Pahu: Now … we need to see if He has revealed Himself to us. In the Holy Bible there are hundreds of prophecies given by God who is speaking in the first person. In both Bible and secular history we find that those prophecies have been accurately fulfilled. No other writing on earth comes close to doing this! Only God can accurately reveal the future…
PGB: I’d be interested to see any of these prophesies provided (a) it can be proven that they were written before the event they apparently predict (ie existing early text – carbon dated or something) and (b) they don’t rely on the bible for their confirmation. But again, if you have it, I’d love to see it.

Pahu: He is not subject to His creation. He created it and sustains it. It is a mistake to judge God by human standards and human perspectives. God reveals that He is omnipotent, omniscient and omnipresent.
PGB: If that’s the case I’m not sure why you feel you’ve got a basis to use science to disprove evolution.
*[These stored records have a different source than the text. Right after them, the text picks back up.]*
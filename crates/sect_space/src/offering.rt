// Changes of the catalogue's rows and cancelled sections.

ghost use Rattle.std.specs.Prelude.{◌≡◌, IfOk, OnErr};
ghost use Rattle.sect_model.specs.Fits.{Fits};
ghost use Rattle.sect_model.specs.Kept.{KeptWorld};
ghost use Rattle.sect_space.specs.Back.{taken_back};
ghost use Rattle.sect_space.specs.Made.{Made, Unchanged, Taken, Ready};
ghost use Rattle.sect_space.specs.Parts.{roomed_of};

use crate::back::Back;
use crate::parts::Parts;
use sect_base::{Cap, Limit, Memory, OfferingId, SectionId};
use sect_catalog::{AddFault, OfferingRow};
use sect_model::Change;

impl Parts {
    /// Adds an offering that passes its check. Where memory runs out, the world is as before. Its reservations and restrictions get
    /// slots, so that those of offerings that come in order of id stand behind one another.
    pub fn put_offering(&mut self, row: OfferingRow) -> Result<Back, Memory>
        requires { Fits (roomed_of self.old).world (Change.Offering row) }
        ensures ok { IfOk result (λ back. Made (roomed_of self.old) (roomed_of self.new) (Change.Offering row) back) }
        ensures err { OnErr result (Unchanged (roomed_of self.old) (roomed_of self.new)) }
    {
        self.make_slots(row.id)?;
        self.add_offering(row)
    }

    /// Makes slots for the reservations and the restrictions of an offering. Where memory runs out, there may be one more.
    fn make_slots(&mut self, id: OfferingId) -> Result<(), Memory>
        ensures { Unchanged (roomed_of self.old) (roomed_of self.new) }
    {
        self.reservations.add_slot(id)?;
        self.restrictions.add_slot(id)
    }

    /// Adds an offering that passes its check, with no slots made. Where memory runs out, nothing is changed.
    fn add_offering(&mut self, row: OfferingRow) -> Result<Back, Memory>
        requires { Fits (roomed_of self.old).world (Change.Offering row) }
        ensures ok { IfOk result (λ back. Made (roomed_of self.old) (roomed_of self.new) (Change.Offering row) back) }
        ensures err { OnErr result (self.new ≡ self.old) }
    {
        let id = row.id;
        match self.catalogue.add_offering(row) {
            Ok(()) => Ok(Back::OfferingAdded(id)),
            Err(AddFault::Memory) => Err(Memory),
            Err(AddFault::Row(_)) => unreachable!(),
        }
    }

    /// Takes the last offering off. There is one.
    pub fn remove_offering(&mut self, id: OfferingId)
        requires { Ready (roomed_of self.old) (Back.OfferingAdded id) }
        ensures { Taken (roomed_of self.old) (roomed_of self.new) (Back.OfferingAdded id) }
    {
        let _ = id;
        let _ = self.catalogue.remove_last();
    }

    /// Cancels a section that is known and isn't cancelled. Where memory runs out, nothing is changed.
    pub fn cancel(&mut self, id: SectionId) -> Result<Back, Memory>
        requires { Fits (roomed_of self.old).world (Change.Cancelled id) }
        ensures ok { IfOk result (λ back. Made (roomed_of self.old) (roomed_of self.new) (Change.Cancelled id) back) }
        ensures err { OnErr result (self.new ≡ self.old) }
    {
        let offering = self.section_offering(id);
        self.catalogue.cancel(id)?;
        Ok(Back::SectionCancelled(id, offering))
    }

    /// Takes the last cancellation back. There is one.
    pub fn uncancel(&mut self, id: SectionId, offering: Option<OfferingId>)
        requires { Ready (roomed_of self.old) (Back.SectionCancelled id offering) }
        ensures { Taken (roomed_of self.old) (roomed_of self.new) (Back.SectionCancelled id offering) }
    {
        let _ = (id, offering);
        self.catalogue.uncancel_last();
    }

    /// Puts a limit in place of the old one. It takes no memory.
    pub fn put_limit(&mut self, cap: Cap, limit: Limit) -> Back
        requires { Fits (roomed_of self.old).world (Change.Cap cap limit) }
        ensures { Made (roomed_of self.old) (roomed_of self.new) (Change.Cap cap limit) result }
    {
        let offering = self.cap_offering(cap);
        let old = self.catalogue.set_limit(cap, limit);
        Back::LimitReplaced(cap, offering, old)
    }

    /// Puts the old limit back.
    pub fn restore_limit(&mut self, cap: Cap, offering: Option<OfferingId>, limit: Limit)
        requires { Ready (roomed_of self.old) (Back.LimitReplaced cap offering limit) }
        ensures { Taken (roomed_of self.old) (roomed_of self.new) (Back.LimitReplaced cap offering limit) }
    {
        let _ = offering;
        let _ = self.catalogue.set_limit(cap, limit);
    }
}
So in closing I’d have to reiterate, disproving evolution doesn’t prove God. Science is about drawing conclusions from observation, not making your observations fit your conclusion. I’m not sure why you feel it so important to show evidence of the falsehood of evolution anyway. I thought you found God through faith, and to try and prove His existence is a sin. Did you have a crisis of faith that put you on this path Pahu? I love that you’ve written a book and put it out there, I admire that passion and attention.